Monday 14 December 2020

Speed up Azure policy compliance scan

One of the painful things when I first started to use Azure policy to conduct audits was that it could take up to 24 hours before it would do it first initial scan. If I was to make changes it could take up to 24 hours before the policy would run again. Going backwards and forwards like this means usually it could take up to a week before the policy I am writing could be completed. There were ways to speed it up by either: issuing API calls to force a rescan but it was something that I couldn't quite grasp at the time or you could delete the policy and recreate it which would trigger a initial scan which nowdays should run within a few hours.
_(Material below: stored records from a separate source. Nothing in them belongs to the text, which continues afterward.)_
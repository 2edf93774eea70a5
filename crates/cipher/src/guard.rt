// Key bytes that were lent: they are zeroed when the guard ends, whichever way that comes.
ghost use Rattle.std.specs.Prelude.{◌≡◌, length, replicate};

pub(crate) struct LentKey<'a> {
    pub(crate) bytes: &'a mut [u8],
}

impl LentKey<'_> {
    pub(crate) fn bytes(&self) -> &[u8]
        ensures { result.now ≡ self.now.bytes.now }
    {
        self.bytes
    }
}

impl Drop for LentKey<'_> {
    fn drop(self)
        ensures { self.exit.0.now ≡ replicate (length self.entry.bytes.now) 0 }
    {
        self.bytes.fill(0);
        // taking it apart is how a `drop` ends
        let LentKey { bytes: _ } = self;
    }
}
Moving forward now, there is a powershell cmdlet to help speed up the policy rescan which can be targeted at specific resource group or a complete subscription. At present there doesn't seem to be a way with powershell to trigger a specific policy rescan.

Here is how you do it

As this cmdlet is based on the new Az modules I tend to just use the cloud shell which you can launch once you have logged in to the azure portal (https://portal.azure.com)

If you have access to multiple subscriptions then the first cmdlet to run is Set-AzContext -Subscription "Replace_With_Subscription_Name" so that we are working within the correct subscription context

For me I always attach a policy to a resource group first and tend to test the policy against resources within a resource group. The cmdlet to use is Start-AzPolicyComplianceScan which will do a full scan across the subscription that is in context. To do a scan for a specfic resource group you would use Start-AzPolicyComplianceScan -ResourceGroupName "Replace_With_Resource_Group_Name". Below I have start the scan as a Job where we wait for the job to complete. The command used is $job = Start-AzPolicyComplianceScan -AsJob.
As I said before we are running this as a job which means if you was to chain more powershell commands then they would not run until this job is completed, To see if the job is completed or not then we issue $job to see the status. Once you see the status as per below then it means the scan has completed.
Now go into the Azure portal and go to policy > compliance section and select your subscription. Look for the compliance of your policy and see if it has changed. If it has not changed the click on refresh a few times and hopefully you will see your changes.

I have found this cmdlet really useful as it helps me see my changes to the policy definition quicker and I can edit and amend changes faster.